● ABOUT THIS EXERCISE:
Your reply should repeat, exactly, the line containing "still to come." and the rest of the material after it.
○ ○ ○ ○ ○ ○ ○
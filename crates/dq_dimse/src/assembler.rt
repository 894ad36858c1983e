//! Messages assembled from presentation data values (PS3.7 section 6.3.1, PS3.8 annex E).
ghost use Rattle.std.specs.Prelude.{◌≡◌, ◌≤◌, ℕ, false, not, ◌&&◌, List, [], ◌∷◌, ◌++◌, length};
ghost use Rattle.std.specs.Prelude.{Some, None, IfOk, OnOk, IfErr, OnErr};
ghost use Rattle.dq_dimse.specs.Received.{Message as Received};
ghost use Rattle.dq_dimse.specs.Assembling.{Assembly, PartialMessage as Pure};
ghost use Rattle.dq_dimse.specs.Assembling.{after_command, after_data, begun_with};
ghost use Rattle.dq_dimse.specs.Assembling.{command_completed, gather, with_fragment};
ghost use Rattle.dq_dimse.specs.Assembling.{messages, messages_from, assembly_from};
ghost use Rattle.dq_dimse.specs.Assembling.{IsPdvKept, IsKeptCommand, IsKeptData, NeedsMemory};
ghost use Rattle.dq_dimse.specs.Commands.{command_of};
ghost use Rattle.dq_dimse.specs.Holding.{AddsMessage, Assembles, PendingRefines, HasGathered, MakesGathering};
ghost use Rattle.dq_dimse.specs.Holding.{BodyRefines, IncomingRefines, Refines, WasGivenPdvs};
ghost use Rattle.dq_dimse.specs.Holding.{accepted_with, fault_held, accepted_ids, is_sifted, is_stored, spent_with};
ghost use Rattle.dq_dimse.specs.Messages.{data_limit};

use crate::command::{Body, Command, Message};
use crate::fault::DimseFault;
use crate::{command_field, command_reader};
use dq_dataset::{Sieve, Syntax};
use dq_list::Listed;
use dq_pdu::Pdv;
use dq_vr::study_root::KEPT_ATTRIBUTES;
use std::alloc::{AllocError, Global};
use std::marker::Model;
use std::mem;

/// A command set is at most so many octets.
const COMMAND_LIMIT: usize = 16_384;
/// The data set of a C-STORE is at most so many octets.
const STORE_LIMIT: usize = 4_294_967_295;
/// The data set of any other command, an Identifier among them, is at most so many octets.
pub(crate) const OTHER_LIMIT: usize = 1_048_576;

/// A presentation context that was accepted (PS3.8 section 7.1.1).
#[derive(Clone, Copy, Debug, PartialEq, Eq)]
pub struct Accepted {
    pub id: u8,
    /// The transfer syntax of its data sets.
    pub syntax: Syntax,
}

/// The part of a data set that came.
#[derive(Drop)]
pub(crate) enum IncomingDataSet {
    /// Its fragments so far.
    Octets(Listed<u8>),
    /// Those of a C-STORE in a sieve, and the number of octets for which there is room.
    Sifting(Sieve, usize),
    /// It passed its limit, and is discarded.
    ExceededLimit,
}

/// A message whose command set is whole, and whose data set is still to come.
#[derive(Drop)]
pub(crate) struct PendingMessage {
    pub context: Accepted,
    pub command: Command,
    pub data_set: IncomingDataSet,
}

/// The state that an assembler holds between two PDVs.
#[derive(Drop)]
pub(crate) enum PartialMessage {
    Nothing,
    /// The fragments of a command set so far, and their context.
    CommandPart(Accepted, Listed<u8>),
    DataPart(PendingMessage),
    Spent(DimseFault),
}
○ ○ ○ ○ ○ ○ ○
● REPLY:
/// A message whose command set is whole, and whose data set is still to come.
#[derive(Drop)]
pub(crate) struct PendingMessage {
    pub context: Accepted,
    pub command: Command,
    pub data_set: IncomingDataSet,
}

/// The state that an assembler holds between two PDVs.
#[derive(Drop)]
pub(crate) enum PartialMessage {
    Nothing,
    /// The fragments of a command set so far, and their context.
    CommandPart(Accepted, Listed<u8>),
    DataPart(PendingMessage),
    Spent(DimseFault),
}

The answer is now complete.